Por J. J. Fernández Cano
Lo de los robos a las casetas de campo continúa teniendo lugar en nuestra comarca. Es como si esta desidia hubiera adquirido ya el rango de costumbre con el que no queda más remedio que convivir. Es una lacra social más, una de las muchas que nos ponen el vivir cada día un poco más difícil.
Ni que decir tiene, que este dañino asunto no puede equiparase al espeluznante aumento de muertes en carretera, las grandes tramas de corrupción, el terrorismo, o las mujeres asesinadas por sus verdugos, o `compañeros sentimentales`, como se les llama ahora, pero cada cosa en sus justos términos.
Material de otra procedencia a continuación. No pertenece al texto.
//! Which words of a text may lead to a word.

use micro_word::Word;
use std::alloc::{AllocError, Allocator};

// The place of the `loop` of the `next` at a place; the place itself where it has none.
fn loop_of(words: &[Word], at: usize) -> usize {
    let mut open = 0usize;
    for place in (0..at.min(words.len())).rev() {
        match words[place] {
            Word::Next => open = open.saturating_add(1),
            Word::Loop { .. } if open == 0 => return place,
            Word::Loop { .. } => open -= 1,
            _ => {}
        }
    }
    at
}

// Whether the place is marked.
fn is_marked(leads: &[bool], at: usize) -> bool {
    at < leads.len() && leads[at]
}

// Whether the word at a place leads on to one that is marked.
fn leads_on(words: &[Word], leads: &[bool], at: usize) -> bool {
    let next = at.saturating_add(1);
    let Some(word) = words.get(at).copied() else {
        return false;
    };
    match word {
        Word::End { .. } => false,
        Word::Jump { target } => is_marked(leads, usize::from(target)),
        Word::BranchOnStatus { target, .. } => {
            is_marked(leads, next) || is_marked(leads, usize::from(target))
        }
        Word::Next => is_marked(leads, next) || is_marked(leads, loop_of(words, at)),
        _ => is_marked(leads, next),
    }
}

// One pass from the last word to the first. Whether it has marked a word.
fn mark_once(words: &[Word], leads: &mut [bool]) -> bool {
    let mut has_marked = false;
    for at in (0..words.len()).rev() {
        if at < leads.len() && !leads[at] && leads_on(words, leads, at) {
            leads[at] = true;
            has_marked = true;
        }
    }
    has_marked
}

// How many passes are made at most: loops are nested four deep.
const MOST_PASSES: usize = 8;

/// For each word whether it may lead to the word at a place.
pub(crate) fn find_leading<A: Allocator>(
    alloc: A,
    words: &[Word],
    to: usize,
) -> Result<Vec<bool, A>, AllocError> {
    let mut leads = vec![in alloc; false; words.len()]?;
    if to < leads.len() {
        leads[to] = true;
    }
    for _ in 0..MOST_PASSES {
        if !mark_once(words, leads.as_mut_slice()) {
            return Ok(leads);
        }
    }
    Ok(leads)
}

/// Whether each loop around a place that a run stands in is in its first, second or last turn.
pub(crate) fn is_notable(words: &[Word], start: usize, left: u16) -> bool {
    match start.checked_sub(1) {
        Some(head) if head < words.len() => match words[head] {
            Word::Loop { turns } => left == 0 || turns.saturating_sub(left) <= 2,
            _ => true,
        },
        Some(_) | None => true,
    }
}

// How many words are looked at from a poll on.
const MOST_LOOKED_AT: usize = 64;

// Where a word leads that is no poll and ends no turn, by a status.
fn next_of(word: Word, at: usize, status: u8) -> Option<usize> {
    match word {
        Word::BranchOnStatus { mask, target } if status & mask != 0 => Some(usize::from(target)),
        Word::Jump { target } => Some(usize::from(target)),
        Word::Wait | Word::ReadStatus | Word::Loop { .. } | Word::Next | Word::End { .. } => None,
        Word::Command { .. }
        | Word::Address { .. }
        | Word::Get { .. }
        | Word::Put { .. }
        | Word::Seek { .. }
        | Word::Column { .. }
        | Word::RowAdd { .. }
        | Word::Row { .. }
        | Word::Plane { .. }
        | Word::Yield
        | Word::BranchOnStatus { .. } => Some(at.saturating_add(1)),
    }
}

/// Whether a status leads, from a place up to the next poll, to a word from which no way leads to the word that is looked for, at another place.
pub(crate) fn leads_astray(
    words: &[Word],
    leads: &[bool],
    from: usize,
    to: usize,
    status: u8,
) -> bool {
    let mut at = from;
    for _ in 0..MOST_LOOKED_AT {
        if at == to {
            return false;
        }
        if !is_marked(leads, at) {
            return true;
        }
        let Some(word) = words.get(at).copied() else {
            return true;
        };
        match next_of(word, at, status) {
            None => return false,
            Some(next) => at = next,
        }
    }
    false
}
Cuando alguien llega a su casa (ya sea de campo o no) y se encuentra con la puerta descerrajada, alguna ventana arrancada de cuajo y el interior con el suelo lleno de enseres pisoteados y rotos, no siente ganas, precisamente, de ponerse a bailar unas sevillanas, créanme, que yo he sufrido la experiencia cuatro veces en menos de un año. Seguido del trance viene la intervención inmediata de la guardia Civil (cuya actuación es intachable) para hacer la inspección ocular. Los agentes se muestran respetuosos y comprensivos de nuestra rabia y desamparo, sobre todo cuando ya nos consideran `clientes´ habituales (yo ya lo soy en los cuarteles de la Benemérita de Ibi y Castalla, ya que si se amontonan las denuncias que tengo formuladas, semejarían una baraja de naipes. No digo que los jueces mandaran a estos sorches a la cárcel, donde más que regenerarse aprenderían cosas que ignoraban, pero alguna que otra semanita de limpiar cunetas y desbrozar pinares no les vendría nada mal, eso sí, costeándoles la comida de cada día, que siempre sería mejor que el rancho de `la trena`.
¿Que a todo llega uno a acostumbrarse? No es cierto. ¿Que a hay que resignarse ante lo inevitable? Ni de coña. A la fuerza ahorcan; el derecho y la obligación de defenderse y defender uno su casa (aunque ésta sea una humilde barraca) Es inalienable, tan legítimo como el preciado bien de respirar. Ante el absoluto desamparo en que me encuentro, he adoptado el método de no cambiar más cerraduras: me limito a atar las puertas con un simple cordel, en forma de lazo, eso sí, para que los cacos lo tengan fácil. Esto me ha supuesto un considerable ahorro en cerraduras y reparación de ventanas.
Estos resultados me están animando a proponer a las autoridades ¿competentes? Digamos responsables de estos asuntos. Proponerles, digo, que nos eximan de pagar impuestos de las casetas. Ese dinero, los propietarios lo ofreceríamos a los ladrones a cambio de que respetaran nuestras modestas propiedades. Todo sería cuestión de intentarlo. Puede que sea esta una propuesta de locos, pero la de la resignación es de tontos, supone, a mi juicio, estar admitiendo que se nos viole en nuestros derechos, y encima se nos haga pagar la vaselina.